Aim of the task:
Everything from the line that contains "pub struct Row" to the end of the records below, both lines included, should be transcribed exactly and returned alone.

_ _ _ _ _

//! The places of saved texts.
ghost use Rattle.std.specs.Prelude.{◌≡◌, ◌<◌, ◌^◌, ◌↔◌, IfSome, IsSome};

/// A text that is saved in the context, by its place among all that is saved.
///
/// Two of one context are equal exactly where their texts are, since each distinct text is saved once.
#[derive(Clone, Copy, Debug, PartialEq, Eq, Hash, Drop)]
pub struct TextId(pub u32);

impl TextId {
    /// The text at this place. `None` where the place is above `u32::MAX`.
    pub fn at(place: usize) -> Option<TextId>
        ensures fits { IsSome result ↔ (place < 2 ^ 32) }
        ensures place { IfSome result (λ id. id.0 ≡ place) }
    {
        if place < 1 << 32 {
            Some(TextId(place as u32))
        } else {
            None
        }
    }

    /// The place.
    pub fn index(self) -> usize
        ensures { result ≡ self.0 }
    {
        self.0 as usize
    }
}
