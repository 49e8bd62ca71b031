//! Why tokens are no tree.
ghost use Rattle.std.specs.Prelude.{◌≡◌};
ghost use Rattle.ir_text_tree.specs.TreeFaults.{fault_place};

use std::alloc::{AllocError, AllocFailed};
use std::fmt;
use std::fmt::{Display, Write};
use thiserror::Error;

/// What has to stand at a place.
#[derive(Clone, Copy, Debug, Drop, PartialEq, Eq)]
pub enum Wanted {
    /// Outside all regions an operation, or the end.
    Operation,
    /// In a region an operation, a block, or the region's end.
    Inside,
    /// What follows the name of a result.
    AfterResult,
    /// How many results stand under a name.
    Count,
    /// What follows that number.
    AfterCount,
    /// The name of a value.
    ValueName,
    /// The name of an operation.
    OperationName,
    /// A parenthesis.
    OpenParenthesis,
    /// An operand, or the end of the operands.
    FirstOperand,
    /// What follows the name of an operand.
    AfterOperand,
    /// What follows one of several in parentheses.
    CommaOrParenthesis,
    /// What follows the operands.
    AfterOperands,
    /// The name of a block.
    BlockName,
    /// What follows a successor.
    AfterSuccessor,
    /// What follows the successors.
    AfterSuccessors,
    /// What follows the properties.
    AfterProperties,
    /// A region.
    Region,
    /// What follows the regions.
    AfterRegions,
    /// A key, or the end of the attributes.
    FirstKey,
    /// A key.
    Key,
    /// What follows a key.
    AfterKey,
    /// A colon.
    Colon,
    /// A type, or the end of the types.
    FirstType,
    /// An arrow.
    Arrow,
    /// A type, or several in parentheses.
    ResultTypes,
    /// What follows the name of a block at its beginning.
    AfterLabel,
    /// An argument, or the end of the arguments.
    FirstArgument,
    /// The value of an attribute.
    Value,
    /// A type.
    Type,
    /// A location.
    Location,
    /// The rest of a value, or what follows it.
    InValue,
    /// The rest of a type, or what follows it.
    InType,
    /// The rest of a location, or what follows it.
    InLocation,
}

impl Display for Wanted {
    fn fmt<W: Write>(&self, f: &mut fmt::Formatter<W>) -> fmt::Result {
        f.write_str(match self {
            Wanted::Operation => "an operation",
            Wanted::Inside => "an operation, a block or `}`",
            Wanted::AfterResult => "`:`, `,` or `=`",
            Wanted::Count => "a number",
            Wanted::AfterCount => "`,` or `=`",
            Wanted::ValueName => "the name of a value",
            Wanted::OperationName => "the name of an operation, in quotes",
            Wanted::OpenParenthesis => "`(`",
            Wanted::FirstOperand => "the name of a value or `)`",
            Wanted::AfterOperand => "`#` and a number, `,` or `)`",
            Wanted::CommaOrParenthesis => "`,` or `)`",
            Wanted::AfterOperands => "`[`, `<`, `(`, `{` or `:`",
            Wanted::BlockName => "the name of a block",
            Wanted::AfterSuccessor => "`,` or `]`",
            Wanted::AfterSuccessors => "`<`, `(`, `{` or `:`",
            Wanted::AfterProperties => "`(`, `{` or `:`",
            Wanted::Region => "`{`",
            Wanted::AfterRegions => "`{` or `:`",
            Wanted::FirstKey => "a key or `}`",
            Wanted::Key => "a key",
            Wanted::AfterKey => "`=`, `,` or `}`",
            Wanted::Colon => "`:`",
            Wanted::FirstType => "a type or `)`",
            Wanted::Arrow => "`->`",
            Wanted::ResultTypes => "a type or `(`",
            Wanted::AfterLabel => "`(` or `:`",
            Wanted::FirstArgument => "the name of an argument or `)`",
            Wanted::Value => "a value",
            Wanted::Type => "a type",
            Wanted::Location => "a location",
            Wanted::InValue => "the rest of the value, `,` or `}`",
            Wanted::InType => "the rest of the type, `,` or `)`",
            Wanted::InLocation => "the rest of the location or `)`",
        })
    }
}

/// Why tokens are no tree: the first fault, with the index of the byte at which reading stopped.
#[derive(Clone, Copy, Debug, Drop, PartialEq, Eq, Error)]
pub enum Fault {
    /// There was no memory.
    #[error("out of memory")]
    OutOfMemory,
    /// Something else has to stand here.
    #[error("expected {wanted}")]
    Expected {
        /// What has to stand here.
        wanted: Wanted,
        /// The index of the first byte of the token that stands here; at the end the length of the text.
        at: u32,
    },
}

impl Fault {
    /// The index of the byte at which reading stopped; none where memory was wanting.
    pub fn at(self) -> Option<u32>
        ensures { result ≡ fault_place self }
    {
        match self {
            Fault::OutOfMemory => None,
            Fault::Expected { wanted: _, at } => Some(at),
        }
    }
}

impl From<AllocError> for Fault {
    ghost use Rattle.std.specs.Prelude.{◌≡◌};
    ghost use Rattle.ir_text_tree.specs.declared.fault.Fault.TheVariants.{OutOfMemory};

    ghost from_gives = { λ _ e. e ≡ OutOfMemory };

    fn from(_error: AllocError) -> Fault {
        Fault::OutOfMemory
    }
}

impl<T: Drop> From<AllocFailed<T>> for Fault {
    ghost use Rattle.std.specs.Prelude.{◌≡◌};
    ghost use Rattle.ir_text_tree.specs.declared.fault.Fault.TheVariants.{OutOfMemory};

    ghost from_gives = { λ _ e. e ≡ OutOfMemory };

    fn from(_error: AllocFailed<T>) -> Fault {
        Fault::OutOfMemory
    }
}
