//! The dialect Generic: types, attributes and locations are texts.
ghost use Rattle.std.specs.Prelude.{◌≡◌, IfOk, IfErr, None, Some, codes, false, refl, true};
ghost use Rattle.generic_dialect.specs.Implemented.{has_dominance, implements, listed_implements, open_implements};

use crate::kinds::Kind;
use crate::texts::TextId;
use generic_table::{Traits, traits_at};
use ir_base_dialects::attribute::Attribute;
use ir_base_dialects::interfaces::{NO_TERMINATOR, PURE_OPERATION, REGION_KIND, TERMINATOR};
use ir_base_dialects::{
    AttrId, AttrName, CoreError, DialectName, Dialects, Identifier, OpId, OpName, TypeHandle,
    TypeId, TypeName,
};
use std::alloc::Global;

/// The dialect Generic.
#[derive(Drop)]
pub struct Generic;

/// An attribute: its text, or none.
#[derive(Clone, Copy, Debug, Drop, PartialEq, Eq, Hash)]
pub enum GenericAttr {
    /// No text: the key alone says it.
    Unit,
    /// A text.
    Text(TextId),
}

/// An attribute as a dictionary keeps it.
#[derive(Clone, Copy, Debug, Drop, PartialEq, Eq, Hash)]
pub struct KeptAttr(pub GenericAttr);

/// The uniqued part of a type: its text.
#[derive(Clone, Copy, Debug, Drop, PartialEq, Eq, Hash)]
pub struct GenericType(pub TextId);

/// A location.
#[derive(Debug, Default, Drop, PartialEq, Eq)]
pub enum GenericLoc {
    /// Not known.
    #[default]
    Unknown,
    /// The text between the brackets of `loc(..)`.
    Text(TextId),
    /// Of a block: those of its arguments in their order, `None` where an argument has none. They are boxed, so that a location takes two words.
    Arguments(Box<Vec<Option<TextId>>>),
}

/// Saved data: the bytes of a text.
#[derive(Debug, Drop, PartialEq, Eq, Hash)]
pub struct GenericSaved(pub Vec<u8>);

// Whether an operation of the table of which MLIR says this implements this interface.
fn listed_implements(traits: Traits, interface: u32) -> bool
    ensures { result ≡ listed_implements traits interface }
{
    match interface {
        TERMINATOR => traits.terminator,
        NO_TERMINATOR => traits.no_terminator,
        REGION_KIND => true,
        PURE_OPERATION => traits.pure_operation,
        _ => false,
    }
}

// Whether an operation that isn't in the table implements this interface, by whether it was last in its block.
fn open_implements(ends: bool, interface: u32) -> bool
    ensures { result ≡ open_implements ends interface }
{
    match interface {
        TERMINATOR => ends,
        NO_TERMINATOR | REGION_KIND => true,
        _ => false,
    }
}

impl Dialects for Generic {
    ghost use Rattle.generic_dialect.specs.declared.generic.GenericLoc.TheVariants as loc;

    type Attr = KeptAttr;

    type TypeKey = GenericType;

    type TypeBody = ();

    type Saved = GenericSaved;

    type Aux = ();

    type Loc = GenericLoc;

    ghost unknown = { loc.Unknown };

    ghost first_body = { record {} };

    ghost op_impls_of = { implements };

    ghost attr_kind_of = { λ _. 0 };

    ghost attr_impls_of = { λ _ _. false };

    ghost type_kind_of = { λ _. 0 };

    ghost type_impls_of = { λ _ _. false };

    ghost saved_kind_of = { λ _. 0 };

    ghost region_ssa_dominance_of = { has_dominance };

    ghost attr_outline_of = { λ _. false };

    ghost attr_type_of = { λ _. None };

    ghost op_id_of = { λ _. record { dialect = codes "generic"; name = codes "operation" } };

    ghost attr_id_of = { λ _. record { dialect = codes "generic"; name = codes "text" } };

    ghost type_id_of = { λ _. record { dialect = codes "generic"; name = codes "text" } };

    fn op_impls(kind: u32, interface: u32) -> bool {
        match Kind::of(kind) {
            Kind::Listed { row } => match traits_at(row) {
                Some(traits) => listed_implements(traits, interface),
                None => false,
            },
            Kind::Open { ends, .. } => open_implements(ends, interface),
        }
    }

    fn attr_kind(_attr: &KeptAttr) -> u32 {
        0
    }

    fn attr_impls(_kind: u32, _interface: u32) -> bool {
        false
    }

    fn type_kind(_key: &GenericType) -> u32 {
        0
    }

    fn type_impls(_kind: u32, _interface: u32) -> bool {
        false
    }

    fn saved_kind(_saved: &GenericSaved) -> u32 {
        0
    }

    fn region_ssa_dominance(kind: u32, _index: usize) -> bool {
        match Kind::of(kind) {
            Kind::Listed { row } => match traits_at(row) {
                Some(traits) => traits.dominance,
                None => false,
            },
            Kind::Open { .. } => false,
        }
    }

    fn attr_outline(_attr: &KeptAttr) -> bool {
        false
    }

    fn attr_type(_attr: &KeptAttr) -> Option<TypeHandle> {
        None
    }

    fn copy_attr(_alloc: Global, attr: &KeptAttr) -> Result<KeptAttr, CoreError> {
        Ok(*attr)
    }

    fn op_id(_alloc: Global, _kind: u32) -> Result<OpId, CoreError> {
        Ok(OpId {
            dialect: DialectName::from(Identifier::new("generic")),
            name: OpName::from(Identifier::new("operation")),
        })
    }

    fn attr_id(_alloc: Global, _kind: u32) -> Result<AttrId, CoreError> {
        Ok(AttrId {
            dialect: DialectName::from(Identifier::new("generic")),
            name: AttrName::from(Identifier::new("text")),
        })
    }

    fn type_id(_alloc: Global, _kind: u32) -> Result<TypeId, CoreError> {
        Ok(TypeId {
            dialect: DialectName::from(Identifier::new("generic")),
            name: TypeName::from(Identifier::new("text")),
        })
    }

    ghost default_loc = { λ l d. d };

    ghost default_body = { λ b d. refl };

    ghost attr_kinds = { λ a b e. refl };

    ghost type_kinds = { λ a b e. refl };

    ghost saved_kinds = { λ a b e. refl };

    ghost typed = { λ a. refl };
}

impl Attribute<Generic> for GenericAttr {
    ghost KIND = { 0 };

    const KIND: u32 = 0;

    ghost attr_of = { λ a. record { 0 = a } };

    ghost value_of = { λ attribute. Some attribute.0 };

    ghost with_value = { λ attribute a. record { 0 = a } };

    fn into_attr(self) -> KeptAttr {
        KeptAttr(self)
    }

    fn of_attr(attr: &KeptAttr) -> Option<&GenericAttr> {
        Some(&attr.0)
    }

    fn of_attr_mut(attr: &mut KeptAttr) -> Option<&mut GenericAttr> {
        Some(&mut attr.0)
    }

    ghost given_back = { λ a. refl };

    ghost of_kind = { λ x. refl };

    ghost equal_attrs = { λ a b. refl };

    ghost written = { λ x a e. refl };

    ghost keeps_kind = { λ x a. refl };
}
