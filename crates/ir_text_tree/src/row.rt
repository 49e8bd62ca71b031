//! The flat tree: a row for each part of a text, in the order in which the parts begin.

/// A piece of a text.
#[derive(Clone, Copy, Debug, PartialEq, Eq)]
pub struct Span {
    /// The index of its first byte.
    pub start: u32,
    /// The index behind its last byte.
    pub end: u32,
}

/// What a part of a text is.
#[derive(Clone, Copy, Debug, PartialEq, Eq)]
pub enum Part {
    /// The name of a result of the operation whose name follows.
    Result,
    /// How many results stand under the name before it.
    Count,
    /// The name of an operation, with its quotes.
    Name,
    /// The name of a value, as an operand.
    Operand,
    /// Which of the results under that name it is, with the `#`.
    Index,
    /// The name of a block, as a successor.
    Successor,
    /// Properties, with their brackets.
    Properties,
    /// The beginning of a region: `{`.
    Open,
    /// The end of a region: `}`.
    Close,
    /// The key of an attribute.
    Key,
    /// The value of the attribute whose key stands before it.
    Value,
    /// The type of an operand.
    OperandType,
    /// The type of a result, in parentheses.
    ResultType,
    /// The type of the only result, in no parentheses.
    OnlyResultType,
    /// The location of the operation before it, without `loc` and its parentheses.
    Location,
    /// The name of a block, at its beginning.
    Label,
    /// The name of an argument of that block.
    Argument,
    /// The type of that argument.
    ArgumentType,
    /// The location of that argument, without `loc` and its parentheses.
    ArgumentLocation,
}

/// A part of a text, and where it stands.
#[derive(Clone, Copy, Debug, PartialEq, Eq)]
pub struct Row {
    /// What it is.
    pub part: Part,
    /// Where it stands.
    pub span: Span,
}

_ _ _ _ _

Finished task:
pub struct Row {
    /// What it is.
    pub part: Part,
    /// Where it stands.
    pub span: Span,
}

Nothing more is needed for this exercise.